3. expevol_region_breakpoints_K.  This program adds an additional K mutations flanking the evolved region.  The total recombination rate for the region is treated as 0.5 (e.g., a textbook "whole chromosome" but the region containing SNPs whose frequencies are tracked is still whatever r is on the command line.  There is also still the single causative site in the middle of the region, as described above.  For this model, fitness is multiplicative across the K + 1 causative sites.

The command line for this program is:

expevol_region_breakpoints_K msfile maxgams N s h K r ngens1 ngens2 ngens3 nrep_selected nreps_control outfile_basename seed

Where all the options are described above except for K, which is the # of additional causative sites with selection coefficient s and dominance h to sprinkle on the rest of the chromosome.  their initial frequencies in the base population are assigned from the equilibrium Wright-Fisher model assuming no LD.  (Ad-hoc commentary from K. Thornton.  Opinions are my own, etc.  Please note: this is most likely a model whose biological relevance is highly suspect.  This program was written to address comments that came up during revision.  I'm not sure that anyone can seriously say that there are, say, 20 mutations with s=0.1 on a single linkage group in the founders of these sorts of experiments.  The main results in the paper demonstrate very high false positive rates for detecting regions responding to selection using experimental designs similar to published experiments in sexual systems.  Therefore, such beliefs, to the extent that they are believed, are likely based on conflating apparently siginificant peaks using too liberal a significance threshold with reality and population genetics theory.)

An R script (calc_scores.R) is provided that takes the output files and turns them into the Bayesian t-statistics described in the paper.  (Once we get this t-statistics, we delete the original output files in practice.)

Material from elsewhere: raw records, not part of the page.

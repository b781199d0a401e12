//! From roles to a settled placement.
ghost use Rattle.std.specs.Prelude.{◌≡◌, ◌≤◌, ◌<◌, ◌+◌, ◌==◌, ℕ, IfOk, OnOk, true, length, map, max};
ghost use Rattle.std.specs.List.{list_all, list_any, range_with_len};
ghost use Rattle.sm_placement.specs.Config.{server_row, shard_names, shard_row};
ghost use Rattle.sm_placement.specs.Setup.{is_good_shard, names_of_servers, names_of_shards, sizes_of};
ghost use Rattle.sm_placement.specs.Layout.{place_of};
ghost use Rattle.sm_placement.specs.Lead.{IsSettled};
ghost use Rattle.sm_placement.specs.Opening.{cell_named};
ghost use Rattle.smpland_reopening.specs.Eased.{AreEasedBelow, IsEased, IsEasedShard};
ghost use Rattle.smpland_reopening.specs.Roles.{NamesRoles, cell_by_role, is_down_in};
ghost use Rattle.smpland_reopening.specs.RoleGrids.{role_at};
ghost use Rattle.smpland_reopening.specs.Settled.{IsPlacedBy, down_among, live_by, primary_by, setup_met};
ghost use Rattle.smpland_reopening.specs.Settled.{shard_met, shard_with_live};

use crate::roles::{Roles, cell_of};
use sm_placement::{Config, ConfigFault, MOST_LOAD, MOST_REPLICAS, OpenFault, Placement, Shard};
use sm_server::{Cell, Role, ServerId, ShardId};
use std::alloc::{AllocError, Global};

/// Returns whether a server is down.
pub(crate) fn is_down(down: &[bool], server: u32) -> bool
    ensures { result ≡ is_down_in down.now server }
{
    match down.get(server as usize) {
        Some(is_down) => *is_down,
        None => false,
    }
}

impl Roles {
    /// Returns how many servers that are up have a replica of a shard.
    #[tactic(auto, using(crate::proofs::Settled::live_more, crate::proofs::Settled::live_same))]
    pub fn live(&self, shard: ShardId, down: &[bool]) -> u32
        ensures { result ≡ live_by self.now.servers (role_at self.now) (is_down_in down.now) shard }
    {
        let mut live = 0;
        for number in 0..self.servers {
            if !is_down(down, number) && self.get(shard.number(), number).is_some() {
                live += 1;
            }
        }
        live
    }

    /// Returns the first server that is a shard's primary.
    #[tactic(auto, using(sm_placement::proofs::Searches::find_range_more))]
    fn primary(&self, shard: u32) -> Option<ServerId>
        ensures { result ≡ primary_by self.now.servers (role_at self.now) shard }
    {
        for number in 0..self.servers {
            if self.get(shard, number) == Some(Role::Primary) {
                return Some(ServerId::new(number));
            }
        }
        None
    }

    /// Names the cell of a pair if it holds something.
    #[tactic(auto, using(crate::proofs::Naming::names_some, crate::proofs::Naming::names_none))]
    fn name_cell(
        &self,
        cells: &mut Vec<(ShardId, ServerId, Cell)>,
        shard: u32,
        server: u32,
    ) -> Result<(), AllocError>
        requires { NamesRoles (role_at self.now) shard server cells.old.items }
        ensures { OnOk result (NamesRoles (role_at self.now) shard (server + 1) cells.new.items) }
    {
        if let Some(role) = self.get(shard, server) {
            cells.push((ShardId::new(shard), ServerId::new(server), cell_of(role)))?;
        }
        Ok(())
    }

    /// Names the cells of a shard that hold something.
    #[tactic(auto, using(crate::proofs::Naming::names_row))]
    fn name_cells(
        &self,
        cells: &mut Vec<(ShardId, ServerId, Cell)>,
        shard: u32,
    ) -> Result<(), AllocError>
        requires { NamesRoles (role_at self.now) shard 0 cells.old.items }
        ensures { OnOk result (NamesRoles (role_at self.now) (shard + 1) 0 cells.new.items) }
    {
        for number in 0..self.servers {
            self.name_cell(cells, shard, number)?;
        }
        Ok(())
    }

    /// Returns the cells that hold something.
    #[tactic(auto, using(crate::proofs::Naming::names_nothing, crate::proofs::Naming::names_all))]
    fn cells(&self, alloc: Global) -> Result<Vec<(ShardId, ServerId, Cell)>, AllocError>
        ensures { IfOk result (λ cells. (s v : ℕ) → cell_named cells.items s v ≡ cell_by_role (role_at self.now s v)) }
    {
        let mut cells = Vec::new(alloc);
        for shard in 0..self.shards {
            self.name_cells(&mut cells, shard)?;
        }
        Ok(cells)
    }

    /// Returns the shards' primaries.
    #[tactic(auto, using(crate::proofs::Lists::pushed_more))]
    fn primaries(&self, alloc: Global) -> Result<Vec<Option<ServerId>>, AllocError>
        ensures { IfOk result (λ primaries. primaries.items
            ≡ map (primary_by self.now.servers (role_at self.now)) (range_with_len 0 self.now.shards)) }
    {
        let mut primaries = Vec::new(alloc);
        for shard in 0..self.shards {
            primaries.push(self.primary(shard))?;
        }
        Ok(primaries)
    }
}

/// Returns which of the first `servers` servers are down.
#[tactic(auto, using(crate::proofs::Marking::kept_pushed, crate::proofs::Marking::kept_passed))]
fn servers_down(alloc: Global, down: &[bool], servers: u32) -> Result<Vec<ServerId>, AllocError>
    ensures down { IfOk result (λ list. (v : ℕ) → v < servers
        → list_any (λ x. x == v) list.items ≡ is_down_in down.now v) }
    ensures few { IfOk result (λ list. length list.items ≤ servers) }
    ensures list { IfOk result (λ list. list.items ≡ down_among servers (is_down_in down.now)) }
{
    let mut list = Vec::new(alloc);
    for number in 0..servers {
        if is_down(down, number) {
            list.push(ServerId::new(number))?;
        }
    }
    Ok(list)
}

/// Returns a shard whose floor is not above its live replicas.
#[tactic(auto, using(crate::proofs::Eased::eased_shard))]
fn floored(shard: &Shard, live: u32) -> Result<Shard, AllocError>
    requires load { shard.now.load ≤ MOST_LOAD }
    requires want { shard.now.want ≤ MOST_REPLICAS }
    requires cap { shard.now.cap ≤ shard.now.want }
    requires spread { shard.now.spread ≤ MOST_REPLICAS }
    ensures name { IfOk result (λ row. (shard_row row).name ≡ (shard_row shard.now).name) }
    ensures eased { IfOk result (λ row. IsEasedShard (shard_row shard.now) (shard_row row)) }
    ensures good { IfOk result (λ row. is_good_shard (shard_row row) ≡ true) }
    ensures row { IfOk result (λ row. shard_row row ≡ shard_with_live (shard_row shard.now) live) }
{
    let away = shard.want.saturating_sub(live);
    Ok(Shard {
        name: shard.name.clone()?,
        load: shard.load,
        want: shard.want,
        cap: if shard.cap < away { away } else { shard.cap },
        spread: shard.spread,
    })
}

/// Returns the shards of a configuration with no floor above their live replicas.
#[tactic(auto, using(crate::proofs::Numbers::shard_names_next, crate::proofs::Floors::good_more, crate::proofs::Eased::eased_next))]
fn floored_shards(
    alloc: Global,
    config: &Config,
    roles: &Roles,
    down: &[bool],
) -> Result<Vec<Shard>, AllocError>
    requires { roles.now.servers ≡ length config.now.servers }
    ensures names { IfOk result (λ rows. shard_names rows.items ≡ names_of_shards config.now) }
    ensures good { IfOk result (λ rows. list_all is_good_shard (map shard_row rows.items) ≡ true) }
    ensures eased { IfOk result (λ rows. AreEasedBelow (length config.now.shards) config.now.shards
        (map shard_row rows.items)) }
    ensures met { IfOk result (λ rows. map shard_row rows.items
        ≡ (setup_met config.now (role_at roles.now) (is_down_in down.now)).shards) }
{
    let mut rows = Vec::new(alloc);
    for number in 0..config.shard_count() {
        let shard = ShardId::new(number);
        rows.push(floored(config.shard(shard), roles.live(shard, down))?)?;
    }
    Ok(rows)
}

/// Returns a configuration whose shards have no floor above their live replicas.
#[tactic(auto, using(crate::proofs::Floors::floored_fine, crate::proofs::Eased::eased_config))]
fn floored_config(
    alloc: Global,
    config: &Config,
    roles: &Roles,
    down: &[bool],
) -> Result<Config, AllocError>
    requires { roles.now.servers ≡ length config.now.servers }
    ensures servers { IfOk result (λ floored. names_of_servers floored ≡ names_of_servers config.now) }
    ensures shards { IfOk result (λ floored. names_of_shards floored ≡ names_of_shards config.now) }
    ensures eased { IfOk result (λ floored. IsEased config.now floored) }
    ensures met { IfOk result (λ floored. floored ≡ setup_met config.now (role_at roles.now) (is_down_in down.now)) }
{
    let shards = floored_shards(alloc, config, roles, down)?;
    config.server_count();
    match Config::new(alloc, config.servers(), &shards) {
        Ok(config) => Ok(config),
        Err(ConfigFault::NoMemory) => Err(AllocError),
        Err(_) => unreachable!(),
    }
}

/// Returns the placement of roles, whose floors are those that are met: each primary is listed.
pub(crate) fn settled_placement(
    alloc: Global,
    config: &Config,
    roles: &Roles,
    down: &[bool],
    limit: u32,
) -> Result<Placement, OpenFault>
    requires shards { roles.now.shards ≡ length config.now.shards }
    requires servers { roles.now.servers ≡ length config.now.servers }
    ensures settled { IfOk result (λ p. IsSettled (sizes_of p.setup) (place_of p)) }
    ensures servers { IfOk result (λ p. names_of_servers p.setup ≡ names_of_servers config.now) }
    ensures shards { IfOk result (λ p. names_of_shards p.setup ≡ names_of_shards config.now) }
    ensures eased { IfOk result (λ p. IsEased config.now p.setup) }
    ensures cells { IfOk result (λ p. (s v : ℕ) → (place_of p).cells s v ≡ cell_by_role (role_at roles.now s v)) }
    ensures down { IfOk result (λ p. (v : ℕ) → v < length config.now.servers
        → (place_of p).down v ≡ is_down_in down.now v) }
    ensures placed { IfOk result (IsPlacedBy config.now (role_at roles.now) (is_down_in down.now) limit) }
{
    let floored = floored_config(alloc, config, roles, down)?;
    let cells = roles.cells(alloc)?;
    let primaries = roles.primaries(alloc)?;
    let down = servers_down(alloc, down, config.server_count())?;
    let limit = limit.max(down.len() as u32);
    Placement::open(alloc, &floored, &cells, &primaries, &down, limit)
}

Until I write more documentation, see example_K.sh for example of how to run expevol_region_breakpoints_Ksel and example.sh for how to run expevol_region_breakpoints.  The former is the region evolved + K extra selected sites on the chromosome.  

An example coalescent input file, generated using the program "macs" as described in the paper, is provided.  It is called macsfile.1.gz.  We generated hundreds of these for the paper, but they can't be archived online.

Note: the best use of this code is probably via array jobs on a machine with queueing software like Open Grid Engine.  The example shell scripts are my OGE scripts that I actually used for particular parameter sets.  This code generates lots of files (3 small .gz files per replicate).  There are better ways to do this (file locking and binary files), and if we do more work like this, that's how we will do it, and this code will be only be online for historical/replication purposes.